Thursday, December 10, 2009

Fresh Complaints for Windows 7

Windows 7Windows Vista was the "new big thing" for Microsoft and while people liked it, it still had its fair share of complaints. That is why Microsoft developed Windows 7, the newest OS for the company. Windows 7, which was released in late October, opened to much fanfare. However, like all other previous Windows upgrades, bug complaints have already started coming in.

Overall, a total of 31% of people using Windows 7 have reported problems with the upgrading process. This number comes from a recent survey of over 100,000 Windows 7 customers by consumer helpdesk firm iYogi. In a statement from iYogi co-founder Vishal Dhar, "Most of the problems that customers have with Windows 7 have to do with installation or application and data migration." Dhar goes on to say that "these are all fixable problems. but they're annoyances and they're time consuming."

A major problem with nearly 9% of users is that the installation process, which takes anywhere from 30 to 60 minuets, reaches the "62% completed" mark and then freezes. Microsoft is, however, aware of this problem and says that it can be fixed by rebooting your PC, going into advanced settings and typing in a code that instructs the computer to ignore plug-ins.

Issues do not stop with the upgrade process though. A lot of users still experience glitches even after Windows 7 is installed successfully. A common complaint is that the basic "applet" programs, programs like Mail, Movie Maker and Photo Gallery were missing. The reason for the missing programs is because Windows 7 deletes them and requires users to download them from the Windows Live essential web site. According to iYogi, nearly 26% of users were confused about the extra step.

8% of users complained that the DVD drives could not be found and another 2% said that they could not sync their iPhones with Windows 7. 1 out of every 7 people reported that the new "Aero" theme does not work but almost 14% of users who experienced problems with "Aero" do not have the graphics capabilities on their PCs to run it.

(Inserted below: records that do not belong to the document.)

//! What an end has sent.
ghost use Rattle.std.specs.Prelude.{◌≡◌, ◌<◌, ◌≤◌, [], ◌∷◌, ◌++◌, length, drop, slice_get, IfOk, IsErr};
ghost use Rattle.std.specs.Option.{option_copied};
ghost use Rattle.chaos_window.specs.Send.{IsSendWindow, outstanding_of, next_of, clear_send, started_send, after_push, after_receipt, after_acknowledgement, after_window};

use crate::kept::Kept;
use crate::limits::MAX_WINDOW;
use chaos_packet::{Item, MAX_DATA, Opcode, PktNum};
use std::alloc::{AllocError, Global};
use std::marker::Model;
use thiserror::Error;

/// The window has no room: as many items are outstanding as it allows.
#[derive(Clone, Copy, Debug, PartialEq, Eq, Error)]
#[error("the window is full")]
pub struct Full;

/// The send window of a connection (AI Memo 628, on connections): the items that may have to be
/// sent again, the oldest first, and how far the other end has receipted and acknowledged them.
///
/// ```text
///      acknowledged        receipted              sent
///           |                  |                   |
///   .. read | arrived, but not | kept: not known   | next ..
///           | known to be read | to have arrived   |
///           +------------- outstanding ------------+
/// ```
///
/// A contract sees the numbers, the window and the list of the items kept. `new` takes the memory
/// for as many items as the cap, and no later call takes any.
#[derive(Drop)]
pub struct SendWindow {
    /// The greatest window.
    cap: u16,
    /// The number last sent.
    sent: PktNum,
    /// The number up to which all arrived, as far as is known.
    receipted: PktNum,
    /// The number up to which all were read, as far as is known.
    acknowledged: PktNum,
    /// The window that the other end announced, and the cap before it did.
    window: u16,
    /// The items past `receipted`, the oldest first, with room for as many as the cap.
    kept: Kept,
}

impl Model for SendWindow {
    ghost use Rattle.std.specs.Prelude.{◌≡◌};
    ghost use Rattle.chaos_window.specs.Send.{SendView, IsSendWindow, send_view};

    ghost Value = { SendView };

    ghost view = { λ w. send_view w.cap w.sent w.receipted w.acknowledged w.window w.kept.items };

    ghost invariant = { λ w.
        IsSendWindow (send_view w.cap w.sent w.receipted w.acknowledged w.window w.kept.items)
        × (w.kept.cap ≡ w.cap) };
}

impl SendWindow {
    /// A clear window, which keeps at most `cap` items.
    pub fn new(alloc: Global, cap: u16) -> Result<Self, AllocError>
        requires { (1 ≤ cap) × (cap ≤ MAX_WINDOW) }
        // A new send window keeps nothing, has last sent 0, and allows its cap.
        ensures { IfOk result (λ window. window ≡ clear_send cap) }
    {
        let kept = Kept::new(alloc, cap as usize)?;
        Ok(SendWindow {
            cap,
            sent: PktNum(0),
            receipted: PktNum(0),
            acknowledged: PktNum(0),
            window: cap,
            kept,
        })
    }

    /// Starts a clear window.
    pub fn start(&mut self, num: PktNum)
        requires { self.old ≡ clear_send self.old.cap }
        // The next item gets the given number.
        ensures started { self.new ≡ started_send self.old.cap num }
        // There is room for this item.
        ensures room { outstanding_of self.new < self.new.window }
    {
        let before = PktNum(num.0.wrapping_sub(1));
        self.sent = before;
        self.receipted = before;
        self.acknowledged = before;
    }

    /// Sends an item of at most [`MAX_DATA`] bytes, and returns its number. The bytes are copied
    /// only where the item is taken.
    pub fn push(&mut self, op: Opcode, body: &[u8]) -> Result<PktNum, Full>
        requires { length body.now ≤ MAX_DATA }
        // If fewer items are outstanding than the window allows, the item is kept and gets the next
        // number.
        ensures sent { outstanding_of self.old < self.old.window
            → (result ≡ Ok (next_of self.old)) × (self.new ≡ after_push self.old op body.now) }
        // If as many items are outstanding as the window allows, the push is `Full`, and changes
        // nothing.
        ensures full { self.old.window ≤ outstanding_of self.old →
            IsErr result × (self.new ≡ self.old) }
    {
        if self.outstanding() >= self.window {
            return Err(Full);
        }
        self.kept.add(op, body);
        self.sent = self.sent.next();
        Ok(self.sent)
    }

    /// The number of the newest item.
    pub fn last(&self) -> PktNum
        // This is the number last sent.
        ensures { result ≡ self.now.sent }
    {
        self.sent
    }

    /// How far the other end has receipted. The item kept at index i has the number that is i + 1
    /// further on.
    pub fn receipted(&self) -> PktNum
        // This is the number last receipted.
        ensures { result ≡ self.now.receipted }
    {
        self.receipted
    }

    /// The window that the other end announced, cut to the cap.
    pub fn window(&self) -> u16
        // The window is how many items may be outstanding.
        ensures { result ≡ self.now.window }
    {
        self.window
    }

    /// How many items may be outstanding at most.
    pub fn cap(&self) -> u16
        // This is the greatest window.
        ensures value { result ≡ self.now.cap }
        // In every send window no more is kept than is outstanding, and no more is outstanding than
        // the cap, which is from 1 to 64.
        ensures sound { IsSendWindow self.now }
    {
        self.cap
    }

    /// Takes a receipt, which says that all items up to `num` arrived. They are dropped where they
    /// lie, and no other item is moved.
    pub fn receipt(&mut self, num: PktNum)
        // A receipt counts exactly if it lies between the present receipt and the number last sent,
        // both included. It drops just the items up to it.
        ensures { self.new ≡ after_receipt self.old num }
    {
        let arrived = num.off(self.receipted);
        if arrived <= self.unreceipted() {
            self.kept.drop_front(arrived as usize);
            self.receipted = num;
        }
    }

    /// Takes an acknowledgement, which says that the other end's user read all items up to `num`,
    /// so that they arrived too. They are dropped where they lie, and no other item is moved.
    pub fn acknowledge(&mut self, num: PktNum)
        // An acknowledgement counts exactly if it lies between the present acknowledgement and the
        // number last sent, both included. Then it is taken as a receipt too.
        ensures { self.new ≡ after_acknowledgement self.old num }
    {
        if num.off(self.acknowledged) <= self.outstanding() {
            // The receipt comes first, since no more may be kept than is outstanding.
            self.receipt(num);
            self.acknowledged = num;
        }
    }

    /// Takes the window that the other end announced, which may be 0.
    pub fn set_window(&mut self, window: u16)
        // The announced window is cut to the cap. Nothing else changes.
        ensures { self.new ≡ after_window self.old window }
    {
        self.window = window.min(self.cap);
    }

    /// Lends a kept item by its index.
    pub fn kept(&self, index: usize) -> Option<&Item>
        // The item at the index is lent, the oldest at 0, where there is one.
        ensures { option_copied result ≡ slice_get self.now.kept index }
    {
        self.kept.get(index)
    }

    /// How many items are sent and not acknowledged.
    pub fn outstanding(&self) -> u16
        // The answer is how many items are outstanding, at most the cap.
        ensures count { result ≡ outstanding_of self.now }
        ensures fits { result ≤ self.now.cap }
    {
        self.sent.off(self.acknowledged)
    }

    /// How many items are sent and not receipted.
    pub fn unreceipted(&self) -> u16
        // The answer is how many items are kept, at most the cap and at most 64.
        ensures count { result ≡ length self.now.kept }
        ensures fits { (result ≤ self.now.cap) × (result ≤ MAX_WINDOW) }
    {
        self.sent.off(self.receipted)
    }

    /// Drops every item, so that the window can be started again.
    pub fn clear(&mut self)
        // A cleared send window is as a new one of its cap.
        ensures { self.new ≡ clear_send self.old.cap }
    {
        self.kept.clear();
        self.sent = PktNum(0);
        self.receipted = PktNum(0);
        self.acknowledged = PktNum(0);
        self.window = self.cap;
    }
}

Among some other common complaints were that there are too many "mini-dumps", an inability to view file extensions, problems with the "Aero snap" feature, changes to custom icons and even problems with the new taskbar. Microsoft thus far has declined any request for comments.

Although there is a brighter side to all of this. Once users have worked out all the bugs, the experience has been relatively hassle-free and those who have bought a computer with Windows 7 preloaded onto it have seen the fewest problems. Dhar comments on this saying, "Customers who finally get it up and running love Windows 7. We haven't had a lot of people calling for usability issues because it's a much more intuitive interface than Windows XP."

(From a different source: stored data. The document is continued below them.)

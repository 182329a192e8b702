//! What becomes of a packet that arrives.

/// What a receive window did with an item that came.
#[derive(Clone, Copy, Debug, PartialEq, Eq)]
pub enum Arrived {
    /// It lies in the window and was not held: it is held now.
    Took,
    /// It was read already, or is held already.
    Duplicate,
    /// It is past the window, so its sender has to send it again.
    Outside,
}
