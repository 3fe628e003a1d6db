// What an obeyed frame did: which fields of the record it changed, or what it asked.
use crate::commands::{fields_of, label_of};
use crate::fields::{EVERY_FIELD, Field, say_changes, say_values};
use crate::part_line::{changes, say, say_answer, say_columns, say_count, say_number};
use crate::text::{say_cleared_line, say_cleared_lines};
use crate::words;
use command::{Command, Reading};
use program::Host;
use record::{Picture, Small, Text};
use sister_command::{SisterCommand, SisterReading};

// The record, but for its open frame: behind a whole part there is none.
#[derive(Clone, Copy)]
pub struct Handset {
    pub small: Small,
    pub text: Text,
    pub picture: Picture,
}

// What a part did: the handset before and behind it, and the bytes that answered it.
#[derive(Clone, Copy)]
pub struct Deed<'a> {
    pub was: &'a Handset,
    pub is: &'a Handset,
    pub answer: &'a [u8],
}

// Each says what was done, and whether anything has changed or was answered.

// The changes of these fields or, where they have none, their values.
fn say_set(host: &Host, fields: &[Field], deed: &Deed) -> bool {
    let is = &deed.is.small;
    let changed = say_changes(host, fields, &deed.was.small, is, false);
    if !changed {
        say_values(host, fields, is);
    }
    changed
}

// The cursor goes to 0,0.
fn say_clear(host: &Host, deed: &Deed) -> bool {
    let is = &deed.is.small;
    let position = &[Field::Position];
    let cleared = say_cleared_lines(host, &deed.was.text, &deed.is.text);
    let changed = say_changes(host, position, &deed.was.small, is, cleared);
    if !changed {
        say(host, words::ALL_CLEARED);
        say_values(host, position, is);
    }
    changed
}

// Of the columns that a frame draws some have changed.
fn say_picture(host: &Host, frame: &[u8], deed: &Deed) -> bool {
    let Some(drawn) = picture_frame::read_picture(frame) else {
        return false;
    };
    say_count(host, words::PICTURE_ROW, drawn.row as u64);
    say(host, words::COMMA);
    say_columns(host, 0, (drawn.columns.len as u64).saturating_sub(1));
    let changed = changes(&deed.was.picture, &deed.is.picture);
    if changed == 0 {
        return false;
    }
    say(host, words::COLON);
    say_number(host, changed as u64);
    say(host, words::CHANGED);
    true
}

fn say_asked(host: &Host, question: &[u8], answer: &[u8]) -> bool {
    say(host, question);
    say_answer(host, answer);
    true
}

// What a command of the sister's own did. Only a restart changes more than fields.
fn say_own(host: &Host, c: SisterCommand, deed: &Deed) -> bool {
    let was = &deed.was.small;
    let is = &deed.is.small;
    match c {
        SisterCommand::Asked(_) => say_asked(host, words::ASKED, deed.answer),
        SisterCommand::Restart => {
            say(host, words::RESTART);
            say_changes(host, EVERY_FIELD, was, is, true)
        }
        _ => {
            let changed = say_changes(host, EVERY_FIELD, was, is, false);
            if !changed {
                say(host, words::DONE);
            }
            changed
        }
    }
}

fn say_plain(host: &Host, c: Command, deed: &Deed) -> bool {
    match c {
        Command::ContrastAsked => say_asked(host, words::CONTRAST_ASKED, deed.answer),
        Command::HookAsked => say_asked(host, words::HOOK_ASKED, deed.answer),
        Command::VersionAsked => say_asked(host, words::VERSION_ASKED, deed.answer),
        Command::ClearLine => say_cleared_line(
            host,
            &deed.was.text,
            &deed.is.text,
            &deed.was.small.settings.screen,
        ),
        Command::Clear => say_clear(host, deed),
        _ => say_set(host, fields_of(c), deed),
    }
}

// What a frame did that reads so in the record's edition.
pub fn say_obeyed(host: &Host, reading: Option<Reading>, frame: &[u8], deed: &Deed) -> bool {
    match reading {
        Some(Reading::Plain(c)) => say_plain(host, c, deed),
        Some(Reading::Label(side)) => say_set(host, &[label_of(side)], deed),
        None => match sister_command::read_sister(frame) {
            Some(SisterReading::Own(c)) => say_own(host, c, deed),
            _ => say_picture(host, frame, deed),
        },
    }
}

But Windows 7 is far from perfect. According to an analyst with Yankee Group, one of the biggest annoyances people have with Windows 7 is that the ribbon menus located on the top of programs have been completely redesigned which means they have to be completely relearned.

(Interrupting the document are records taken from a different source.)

// Which fields a command sets, and what its numbers take.
ghost use Rattle.std.specs.Prelude.{◌≡◌};
ghost use Rattle.command.specs.Ranges.{is_overlay};
ghost use Rattle.explain.specs.Commands.{fields_of, label_of, field_out, own_field_out};

use crate::fields::{Field, say_takes};
use crate::part_line::{say, say_count};
use crate::words;
use command::{Command, Side};
use program::Host;
use sister_command::SisterCommand;

// The overlays that a frame can name.
const FIRST_OVERLAY: u16 = 11;

const LAST_OVERLAY: u16 = 18;

// Frames that are obeyed.

fn is_overlay(n: u16) -> bool
    ensures { result ≡ is_overlay n }
{
    (FIRST_OVERLAY..=LAST_OVERLAY).contains(&n)
}

// The fields that a command sets, in the order in which they are told.
pub fn fields_of(c: Command) -> &'static [Field]
    ensures same { result.now ≡ fields_of c }
{
    match c {
        Command::DisplayOff | Command::DisplayOn => &[Field::Display],
        Command::CursorShown | Command::CursorHidden => &[Field::Cursor],
        Command::LabelsEmpty => &[Field::LeftLabel, Field::RightLabel],
        Command::LightOn | Command::LightAutoStart => &[Field::Backlight, Field::SecondsLeft],
        Command::LightAuto => &[Field::Backlight],
        Command::DefaultDuration => &[Field::Duration],
        Command::KeypadSet | Command::KeypadCleared => &[Field::Keypad],
        Command::Clear | Command::Position(..) => &[Field::Position],
        Command::IconS(_) => &[Field::IconS],
        Command::IconU(_) => &[Field::IconU],
        Command::IconF(_) => &[Field::IconF],
        Command::IconR(_) => &[Field::IconR],
        Command::IconP(_) => &[Field::IconP],
        Command::IconW(_) => &[Field::IconW],
        Command::Private(_) | Command::Handsfree(_) | Command::HandsfreeOfNote(_) => {
            &[Field::Volume, Field::Hidden]
        }
        Command::Buzzer(_) => &[Field::Buzzer],
        Command::Contrast(_) => &[Field::Contrast],
        Command::Inverse(_) => &[Field::Inverse],
        Command::KeyTimes(..) => &[Field::Time1, Field::Time2],
        Command::Mode(n) if is_overlay(n) => &[Field::Overlay],
        Command::Mode(_) => &[Field::Mode, Field::Overlay, Field::Position],
        Command::Mute(0) => &[Field::Mute],
        // Mute on also shows the volume.
        Command::Mute(_) => &[Field::Hidden, Field::Mute],
        Command::Light(0) => &[Field::Backlight, Field::SecondsLeft],
        Command::Light(_) => &[Field::Duration],
        // These set no field, and are told by words of their own.
        Command::ClearLine | Command::ContrastAsked | Command::HookAsked | Command::VersionAsked =>
            &[],
    }
}

// The field that a label's frame sets.
pub fn label_of(side: Side) -> Field
    ensures same { result ≡ label_of side }
{
    match side {
        Side::Left => Field::LeftLabel,
        Side::Right => Field::RightLabel,
    }
}

// Frames that are passed over.

// Which number of a command is out of range: its first one that is is `out`. Where that is the second of two, the first is in range and
// so another.
pub fn field_out(c: Command, out: u16) -> Option<Field>
    ensures same { result ≡ field_out c out }
{
    match c {
        Command::Position(row, _) if row == out => Some(Field::Row),
        Command::Position(..) => Some(Field::Column),
        Command::KeyTimes(time1, _) if time1 == out => Some(Field::Time1),
        Command::KeyTimes(..) => Some(Field::Time2),
        Command::Mute(_) => Some(Field::Mute),
        Command::Inverse(_) => Some(Field::Mark),
        _ => fields_of(c).first().copied(),
    }
}

// The same of a command of the sister's own. Those without a number are never passed over.
pub fn own_field_out(c: SisterCommand, out: u16) -> Option<Field>
    ensures same { result ≡ own_field_out c out }
{
    match c {
        SisterCommand::Cursor(_) => Some(Field::SisterCursor),
        SisterCommand::Mode(_) => Some(Field::SisterMode),
        SisterCommand::Light(_) => Some(Field::SisterDuration),
        SisterCommand::IconU(_) => Some(Field::SisterIconU),
        SisterCommand::Brightness(_) => Some(Field::Brightness),
        SisterCommand::KeyTimes(time1, _) if time1 == out => Some(Field::SisterTime1),
        SisterCommand::KeyTimes(..) => Some(Field::Time2),
        SisterCommand::Speaker(_) => Some(Field::Speaker),
        SisterCommand::Restart
        | SisterCommand::LightTo(_)
        | SisterCommand::Asked(_)
        | SisterCommand::Step(_) => None,
    }
}

// What a number takes, in a text mode. Rows are counted from 0, marks from 1; where a mode has no row that a frame can name there is
// nothing to take.
pub fn say_range(host: &Host, field: Field, mode: u8) {
    let rows = command_form::rows_named(mode);
    match field {
        Field::Row if rows == 0 => say(host, words::NO_ROW),
        Field::Row => say_takes(host, field, rows as u64 - 1),
        Field::Mark if rows == 0 => say(host, words::NO_MARK),
        Field::Mark => say_takes(host, field, rows as u64),
        _ => {
            say_takes(host, field, 0);
            return;
        }
    }
    say_count(host, words::IN_MODE, mode as u64);
}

Microsoft also got rid of a lot of applications that seemed to be favorites with customers, applications which included Windows Movie Maker. But despite all the complaints about Windows 7, they still do not seem as bad as the ones associated with Windows Vista. Vista was plagued with bugs, software incompatibilities and even sluggish and annoying security alerts. Principle analyst with ITIC Laura DiDio states that "While there are a few bugs, I haven't seen or heard any show-stoppers. In fact, just the opposite. Some Vista users can't wait to upgrade. So far this has been a home run for Microsoft."

The sooner the bugs can be fixed the better but regardless, Windows 7 seems to be a vast improvement over the near disaster that was Windows Vista.